Alex Curvello – Advogado

Que estamos vivendo tempos sombrios, onde muitos batem palma para atos ditatoriais de seres inescrupulosos, minimizam acontecimentos atrozes por serem pessoas consideráveis por sua conta bancária ou normalizam absurdos por simplesmente deixar a covardia imperar no lugar de se espantar.

Mantenho-me distante de muitas notícias tendenciosas ou até com interesse em divulgar acontecimentos negativos, fico sempre me questionando o porquê da maioria das pessoas que trabalham nos veículos de comunicação focarem suas atenções em notícias densas.

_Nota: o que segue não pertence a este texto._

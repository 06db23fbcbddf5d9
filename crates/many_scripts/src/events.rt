//! Events, sent to the desk, and the replies to them.
ghost use Rattle.std.specs.Prelude.{IfOk};
ghost use Rattle.session_core.specs.declared.event.Event.TheVariants.{Open, Head, Undo, Close};
ghost use Rattle.desk.specs.Clients.{SeesOn};
ghost use Rattle.many_scripts.specs.Playing.{Books, Commits, IsAskedAlone};

use crate::access::Access;
use desk::{Client, EditFault, Known, Naming};
use level_pool::Runner;
use session_core::{Event, Reply, TableFault};
use share_tree::Held;
use stage_graph::Edits;
use std::alloc::AllocError;
use std::sync::Wait;
use version_store::StateRepresentation;

/// The reply to an event that is no commit.
pub(crate) fn book<N: Naming, K: StateRepresentation, H: Wait + Drop, W>(
    access: &Access<'_, N, K, H, W>,
    client: &mut Client<N, K>,
    event: &Event,
) -> Result<Reply, AllocError>
    requires { IsAskedAlone event.now }
    ensures books { IfOk result (λ reply. Books client.old event.now reply client.new) }
    ensures later { SeesOn client.old client.new }
{
    match event {
        Event::Open { session, version } => open(access, client, *session, *version),
        Event::Head { session } => head(access, client, *session),
        Event::Undo { session } => undo(access, client, *session),
        Event::Close { session } => close(access, client, *session),
        Event::Commit { .. } => unreachable!(),
    }
}

fn open<N: Naming, K: StateRepresentation, H: Wait + Drop, W>(
    access: &Access<'_, N, K, H, W>,
    client: &mut Client<N, K>,
    session: u32,
    version: u32,
) -> Result<Reply, AllocError>
    ensures books { IfOk result (λ reply. Books client.old (Open session version) reply client.new) }
    ensures later { SeesOn client.old client.new }
{
    match access.desk.open(access.rt, client, session, version) {
        Ok(()) => Ok(Reply::Opened(version)),
        Err(TableFault::Refused(refusal)) => Ok(Reply::Refused(refusal)),
        Err(TableFault::Memory) => Err(AllocError),
    }
}

fn head<N: Naming, K: StateRepresentation, H: Wait + Drop, W>(
    access: &Access<'_, N, K, H, W>,
    client: &mut Client<N, K>,
    session: u32,
) -> Result<Reply, AllocError>
    ensures books { IfOk result (λ reply. Books client.old (Head session) reply client.new) }
    ensures later { SeesOn client.old client.new }
{
    match access.desk.snapshot(access.rt, client, session) {
        Ok(version) => Ok(Reply::At(version.number())),
        Err(TableFault::Refused(refusal)) => Ok(Reply::Refused(refusal)),
        Err(TableFault::Memory) => Err(AllocError),
    }
}

fn undo<N: Naming, K: StateRepresentation, H: Wait + Drop, W>(
    access: &Access<'_, N, K, H, W>,
    client: &mut Client<N, K>,
    session: u32,
) -> Result<Reply, AllocError>
    ensures books { IfOk result (λ reply. Books client.old (Undo session) reply client.new) }
    ensures later { SeesOn client.old client.new }
{
    match access.desk.undo(access.rt, client, session) {
        Ok(number) => Ok(Reply::Undone(number)),
        Err(TableFault::Refused(refusal)) => Ok(Reply::Refused(refusal)),
        Err(TableFault::Memory) => Err(AllocError),
    }
}

fn close<N: Naming, K: StateRepresentation, H: Wait + Drop, W>(
    access: &Access<'_, N, K, H, W>,
    client: &mut Client<N, K>,
    session: u32,
) -> Result<Reply, AllocError>
    ensures books { IfOk result (λ reply. Books client.old (Close session) reply client.new) }
    ensures later { SeesOn client.old client.new }
{
    match access.desk.close_session(access.rt, client, session) {
        Ok(()) => Ok(Reply::Closed),
        Err(TableFault::Refused(refusal)) => Ok(Reply::Refused(refusal)),
        Err(TableFault::Memory) => Err(AllocError),
    }
}

/// The reply to edits of a version: that of their commit, or their refusal.
pub(crate) fn commit<N: Naming, K: StateRepresentation, H: Wait + Drop, W: Runner>(
    access: &Access<'_, N, K, H, W>,
    client: &mut Client<N, K>,
    session: u32,
    base: &Known<N, K>,
    edits: &Held<Edits>,
) -> Result<Reply, AllocError>
    ensures commits { IfOk result (λ reply. Commits client.old session base.now edits.now reply client.new) }
    ensures later { SeesOn client.old client.new }
{
    match access.desk.edit_known(
        access.rt,
        access.alloc,
        client,
        session,
        base,
        edits,
        access.runner,
    ) {
        Ok(version) => Ok(Reply::Committed(version.number())),
        Err(EditFault::Table(refusal)) => Ok(Reply::Refused(refusal)),
        Err(EditFault::Edits(refusal)) => Ok(Reply::Refused(refusal)),
        Err(EditFault::NoVersion) | Err(EditFault::Foreign(_)) => unreachable!(),
        Err(EditFault::Memory) => Err(AllocError),
    }
}
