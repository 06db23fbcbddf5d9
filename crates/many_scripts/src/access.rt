//! What a client needs for calls of its desk.
ghost use Rattle.std.specs.Prelude.{◌≡◌};

use desk::{Desk, Naming};
use report_form::Form;
use std::alloc::Global;
use std::sync::Wait;
use version_store::StateRepresentation;

/// What a client asks its desk with, and the form in which it tells what comes of it.
#[derive(Drop)]
pub(crate) struct Access<'a, N: Naming, K: StateRepresentation, H: Wait + Drop, W> {
    pub(crate) rt: &'a H,
    pub(crate) alloc: Global,
    pub(crate) desk: &'a Desk<N, K, H>,
    pub(crate) runner: &'a W,
    pub(crate) form: Form,
}

impl<'a, N: Naming, K: StateRepresentation, H: Wait + Drop, W> Access<'a, N, K, H, W> {
    /// The same, where another form is asked for.
    pub(crate) fn in_form(&self, form: Form) -> Access<'a, N, K, H, W>
        ensures { result.form ≡ form }
    {
        Access {
            rt: self.rt,
            alloc: self.alloc,
            desk: self.desk,
            runner: self.runner,
            form,
        }
    }
}
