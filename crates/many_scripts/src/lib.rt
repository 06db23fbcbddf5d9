//! Several scripts, each answered by a client of its own, whose clients share one desk.
#![tactic(auto)]

mod access;
mod answering;
mod desk_scripts;
mod events;
mod fault;
mod gathering;
mod headings;
mod lines;
mod playing;
mod seats;

pub use desk_scripts::many;
pub use fault::ManyFault;
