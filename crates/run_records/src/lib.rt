// The record in the working room: its fields got, and `$0` assigned.
#![tactic(auto)]

mod getting;
mod replacing;

pub use getting::{get_count, get_field, load_field};
pub use replacing::set_record;
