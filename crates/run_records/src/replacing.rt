// `$0` becomes the text of a value.
ghost use Rattle.std.specs.Prelude.{◌≡◌, ◌≤◌, ◌<◌, length};
ghost use Rattle.separators.specs.Kinds.{Sized, Tells};
ghost use Rattle.semantics.specs.World.{World, special};
ghost use Rattle.semantics.specs.Variables.{FS};
ghost use Rattle.semantics.specs.Operations.{assigned};
ghost use Rattle.run_room.specs.Layout.{slot_count, base_end};
ghost use Rattle.run_room.specs.Room.{slot_at, Lined};
ghost use Rattle.run_room.specs.Held.{Did};
ghost use Rattle.run_lines.specs.Records.{Safe, Becomes};

use edition::Edition;
use run_input::Begun;
use run_room::Line;
use separators::Kind;

// Sets the record to the text of a slot's value, which the FS in force splits: 18, then 16.
pub fn set_record(
    work: &mut [u8],
    t: &[u64],
    kind: Kind,
    edition: Edition,
    line: Line,
    v: usize,
) -> Begun
    requires { (base_end ≤ length work.old) × Lined line × Sized kind t.now × (v < slot_count) }
    ensures { Did work.old line work.new result.line
        (Safe work.old work.new result.line)
        ((w : World) → Tells edition.number (special w FS) t.now kind
        → Becomes edition.number (special w FS) work.old work.new line result.line result.outcome
        (assigned edition.number w 0 (slot_at work.old v))) }
{
    let o = run_input::refusal_of(kind);
    if o != 0 {
        return Begun {
            outcome: o,
            line: line,
        };
    }
    let n = run_room::show(work, v);
    run_input::begin_part(
        work,
        t,
        kind,
        edition,
        line,
        v * run_room::SLOT + run_room::HEAD,
        n,
    )
}
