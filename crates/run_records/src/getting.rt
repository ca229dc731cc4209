// Values of fields, and their number, to slots.
ghost use Rattle.std.specs.Prelude.{◌≡◌, List, ℕ, ◌≤◌, ◌<◌, length, pos};
ghost use Rattle.edition.specs.Limits.{field_count};
ghost use Rattle.splitting.specs.Separator.{Separator};
ghost use Rattle.separators.specs.Kinds.{Sized, Tells};
ghost use Rattle.values.specs.Value.{number};
ghost use Rattle.semantics.specs.World.{World, record_of};
ghost use Rattle.semantics.specs.Operations.{field_at, get_field};
ghost use Rattle.run_room.specs.Layout.{slot_count, base_end};
ghost use Rattle.run_room.specs.Room.{slot_at, line_of, fields_of, Lined, store_of, with_slot};
ghost use Rattle.run_room.specs.Held.{Slotted, Did};
ghost use Rattle.run_lines.specs.Records.{Safe, InForce, known_field, Leaves};

use edition::Edition;
use run_input::Begun;
use run_room::Line;
use separators::Kind;

// Sets a slot to field k, where the record is split as far as that.
fn put_field(work: &mut [u8], line: Line, k: usize, slot: usize)
    requires { (base_end ≤ length work.old) × Lined line × (k ≤ field_count) × (slot < slot_count) }
    ensures { Slotted work.old work.new slot (known_field work.old line k)
        Unit }
{
    let start = run_room::record_start(line.side);
    if k == 0 {
        run_room::set_value(work, slot, run_room::FIELD, 0, start, line.size);
        return;
    }
    if line.known < k {
        run_room::set_unset(work, slot);
        return;
    }
    let e = run_room::read_entry(work, line, k - 1);
    run_room::set_value(work, slot, e.kind, e.number, start + e.start, e.size);
}

// Sets a slot to field k, and splits the record as far as that.
pub fn get_field(
    work: &mut [u8],
    t: &[u64],
    kind: Kind,
    edition: Edition,
    line: Line,
    k: usize,
    slot: usize,
) -> Line
    requires { (base_end ≤ length work.old) × Lined line × Sized kind t.now × (k ≤ field_count)
        × (slot < slot_count) }
    ensures { Did work.old line work.new result (Safe work.old work.new result)
        ((fs : List ℕ) → Tells edition.number fs t.now kind → (s : Separator)
        → InForce edition.number fs line s
        → (w : World) → w.current ≡ record_of (line_of work.old line) (fields_of work.old line s)
        → (InForce edition.number fs result s)
        × (store_of work.new result s ≡ with_slot (store_of work.old line s) slot (field_at w k))) }
{
    let r = run_lines::split_to(work, t, kind, edition, line, k);
    put_field(work, r, k, slot);
    r
}

// Sets a slot to the number of fields, for which all are split off.
pub fn get_count(
    work: &mut [u8],
    t: &[u64],
    kind: Kind,
    edition: Edition,
    line: Line,
    slot: usize,
) -> Line
    requires { (base_end ≤ length work.old) × Lined line × Sized kind t.now × (slot < slot_count) }
    ensures { Did work.old line work.new result (Safe work.old work.new result)
        ((fs : List ℕ) → Tells edition.number fs t.now kind → (s : Separator)
        → InForce edition.number fs line s → (InForce edition.number fs result s) × (store_of work.new result s
        ≡ with_slot (store_of work.old line s) slot
        (number (pos (length (fields_of work.old line s)))))) }
{
    let r = run_lines::split_all(work, t, kind, edition, line);
    run_room::set_number(work, slot, Edition::NUMBER + r.known as u64);
    r
}

// Replaces the field number in a slot by the field's value: 11, 12, 16.
pub fn load_field(
    work: &mut [u8],
    t: &[u64],
    kind: Kind,
    edition: Edition,
    line: Line,
    a: usize,
) -> Begun
    requires { (base_end ≤ length work.old) × Lined line × Sized kind t.now × (a < slot_count) }
    ensures { Did work.old line work.new result.line
        (Safe work.old work.new result.line)
        ((fs : List ℕ) → Tells edition.number fs t.now kind → (s : Separator)
        → InForce edition.number fs line s
        → (w : World) → w.current ≡ record_of (line_of work.old line) (fields_of work.old line s)
        → Leaves edition.number fs s w work.old work.new line result.line a result.outcome
        (get_field (slot_at work.old a) w)) }
{
    let f = run_numbers::field_number(work, a);
    if f.stop != 0 {
        return Begun {
            outcome: f.stop,
            line: line,
        };
    }
    let r = get_field(work, t, kind, edition, line, f.k, a);
    Begun {
        outcome: 0,
        line: r,
    }
}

Entretanto ao tomar conhecimento de uma recente decisão da 9ª Câmara Criminal Especializada do TJMG, que entendeu pelo “casamento”, de um homem com 35 anos ter convalidada sua união com uma criança com 12 (doze) anos de idade.

Faltam palavras sobram pensamentos para expressar o significado desse absurdo, desprezo as leis e a moral do nosso país, um desrespeito por completo não apenas desse caso, mas para a brecha jurídica que ele deixará, como argumento jurisprudencial inclusive para que outras atrocidades sejam cometidas.

Partindo para uma análise global e que vem gerando pouca atenção ou até mesmo argumentos que favoreçam, poucos se indignaram e se mantém perplexo com a descoberta e inúmeras pessoas ao redor do mundo que conviviam pacificamente com o predador sexual e pedófilo que deixou uma extensa lista com nomes conhecidos mundialmente.

Aí vem uma interpretação heterodoxa, para manter o decoro do que se passa na minha cabeça para alguém não aplicar o que determina o artigo 217-A do Código Penal, que tipifica o estupro de vulnerável como conjunção carnal ou ato libidinoso com menor de 14 anos. A lei foi clara, não cabe “interpretação”, salvo de para justificar o injustificável, se para normalizar atos demoníacos ou até deixar o argumento posto para defender o indefensável.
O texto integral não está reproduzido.